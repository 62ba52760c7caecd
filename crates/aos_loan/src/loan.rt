// An activity's frames out of the kernel.
ghost use Rattle.std.specs.Prelude.{◌≡◌, ◌<◌, ◌≤◌, ◌+◌, ℕ, List, false, IfOk};
ghost use Rattle.std.specs.Arc.{arc_value};
ghost use Rattle.aos_base.specs.Rooted.{Made};
ghost use Rattle.aos_code.specs.Machine.{Frames as FramesOf};
ghost use Rattle.aos_store.specs.Store.{frames_in};
ghost use Rattle.aos_silent_steps.specs.Room.{StayFit};
ghost use Rattle.aos_cpu.specs.Private.{is_private};
ghost use Rattle.aos_loan.specs.Loans.{IsMadeOf};

use aos_base::NoMemory;
use aos_code::Image;
use aos_cpu::private;
use aos_store::Frames;
use std::alloc::Global;
use std::marker::Model;
use std::sync::Arc;

/// The frames of an activity that are lent, with the image and the budget of their kernel. Clauses see how many turns the loan has
/// made, and the frames as they are kept.
#[derive(Drop)]
pub struct Loan {
    image: Arc<Image>,
    budget: u64,
    turns: u32,
    frames: Frames,
}

impl Model for Loan {
    ghost use Rattle.std.specs.Prelude.{◌≤◌};
    ghost use Rattle.std.specs.Arc.{arc_value};
    ghost use Rattle.aos_loan.specs.Loans.{Lending};

    ghost Value = { Lending };

    ghost view = { λ l. record {
      image = arc_value l.image;
      budget = l.budget;
      turns = l.turns;
      frames = l.frames;
    } };

    ghost invariant = { λ l. l.turns ≤ 1000000000 };
}

/// The most turns of a loan.
pub const MOST_TURNS: u32 = 1_000_000_000;

impl Loan {
    /// A loan of these frames, which has made no turn yet.
    pub fn new(image: Arc<Image>, budget: u64, frames: Frames) -> Loan
        ensures { result ≡ record {
          image = arc_value image;
          budget = budget;
          turns = 0;
          frames = frames;
        } }
    {
        Loan {
            image,
            budget,
            turns: 0,
            frames,
        }
    }

    /// How many turns it has made.
    pub fn turns(&self) -> u32
        ensures turns { result ≡ self.now.turns }
        ensures most { result ≤ MOST_TURNS }
    {
        self.turns
    }

    /// Its frames, as they are by now.
    pub fn into_frames(self) -> Frames
        ensures { result ≡ self.frames }
    {
        self.frames
    }

    /// So many private turns at most, while fewer statements have begun than the budget: how many have been made. Where memory
    /// runs out, the turns before that are kept.
    pub fn run(&mut self, alloc: Global, most: u32) -> Result<u32, NoMemory>
        requires { self.old.turns + most ≤ MOST_TURNS }
        ensures made { (made : List Made) (begun : ℕ) (fs : FramesOf) →
            IsMadeOf made begun fs self.old → IsMadeOf made begun fs self.new }
        ensures fit { StayFit self.old.image self.old.frames self.new.frames }
        ensures image { self.new.image ≡ self.old.image }
        ensures budget { self.new.budget ≡ self.old.budget }
        ensures most { self.new.turns ≤ self.old.turns + most }
        ensures fewer { self.old.turns ≤ self.new.turns }
        ensures count { IfOk result (λ n. self.new.turns ≡ n + self.old.turns) }
        ensures stop { IfOk result (λ n. n < most → self.new.frames.begun < self.new.budget →
            is_private self.new.image (frames_in self.new.frames) ≡ false) }
    {
        let before = self.frames.turns;
        let made = private(alloc, &self.image, &mut self.frames, most, self.budget);
        let more = self.frames.turns.wrapping_sub(before) as u32;
        self.turns += more;
        match made {
            Ok((many, _)) => Ok(many),
            Err(_) => Err(NoMemory),
        }
    }
}
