// What is told of a run, and of a program.
ghost use Rattle.std.specs.Prelude.{◌≡◌, List, []};
ghost use Rattle.aos_code.specs.declared.report.CallRec.{CallRec as CallOf};

use aos_base::{LockName, Pos};
use std::alloc::Global;
use std::marker::Model;

/// A call that led to a trap: the place of its statement in its module, by the module's number.
#[derive(Clone, Copy)]
pub struct CallRec {
    pub module: u32,
    pub pos: Pos,
}

/// The calls that led to a trap, the latest one first.
#[derive(Drop)]
pub struct Calls {
    list: Vec<CallRec>,
}

impl Model for Calls {
    ghost Value = { List CallOf };

    ghost view = { λ a. a.list.items };
}

impl Calls {
    /// No calls; no memory is taken.
    pub fn none(alloc: Global) -> Calls
        ensures { result ≡ [] }
    {
        Calls {
            list: Vec::new(alloc),
        }
    }

    pub fn as_slice(&self) -> &[CallRec]
        ensures { result.now ≡ self.now }
    {
        &self.list
    }
}

/// A trap that happened: its number, its code, the activity, and the place of the statement in its module, by the
/// module's number; the restart that follows, 0 for none; and the calls that led to it.
#[derive(Drop)]
pub struct TrapRec {
    pub number: u8,
    pub code: u8,
    pub activity: u32,
    pub module: u32,
    pub pos: Pos,
    pub restart: u8,
    pub calls: Calls,
}

/// An activity that waits for a lock: for a condition, or else to enter; and the place of the statement in its module, by the
/// module's number.
#[derive(Clone, Copy)]
pub struct WaitRec {
    pub activity: u32,
    pub lock: LockName,
    pub awaits: bool,
    pub module: u32,
    pub pos: Pos,
}

/// An AWAIT of a program, by the number of its module in load order and its place, and whether its condition is local.
#[derive(Clone, Copy)]
pub struct AwaitRec {
    pub module: u32,
    pub pos: Pos,
    pub is_local: bool,
}

/// A line that tells how a program is laid out: what it is of, 0 to 5 for a module, a variable of a module, a type, a field, a
/// method and a procedure; the name of that; the first cell of a variable or a field, the slot of a method, and else 0; and how many
/// cells it has, which is 0 for a method.
#[derive(Drop)]
pub struct LayoutLine {
    pub word: u8,
    pub name: String,
    pub at: u32,
    pub cells: u32,
}
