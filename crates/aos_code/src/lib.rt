//! Stack code: instructions and images, and what an image does, so that it is a machine under the kernel of aos_base.
#![tactic(auto)]

pub mod image;
pub mod instr;
pub mod report;

pub use aos_base::Root;
pub use image::{Body, Image, ModuleDesc, ParamKind, ProcShape, TypeDesc};
pub use instr::{Cell, Instr, Kind};
pub use report::{AwaitRec, CallRec, Calls, LayoutLine, TrapRec, WaitRec};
____________________
**Task instructions:** Which lines in the listing hold the word "AwaitRec"? Copy them out.

**Problem solution:**
pub struct AwaitRec {
pub use report::{AwaitRec, CallRec, Calls, LayoutLine, TrapRec, WaitRec};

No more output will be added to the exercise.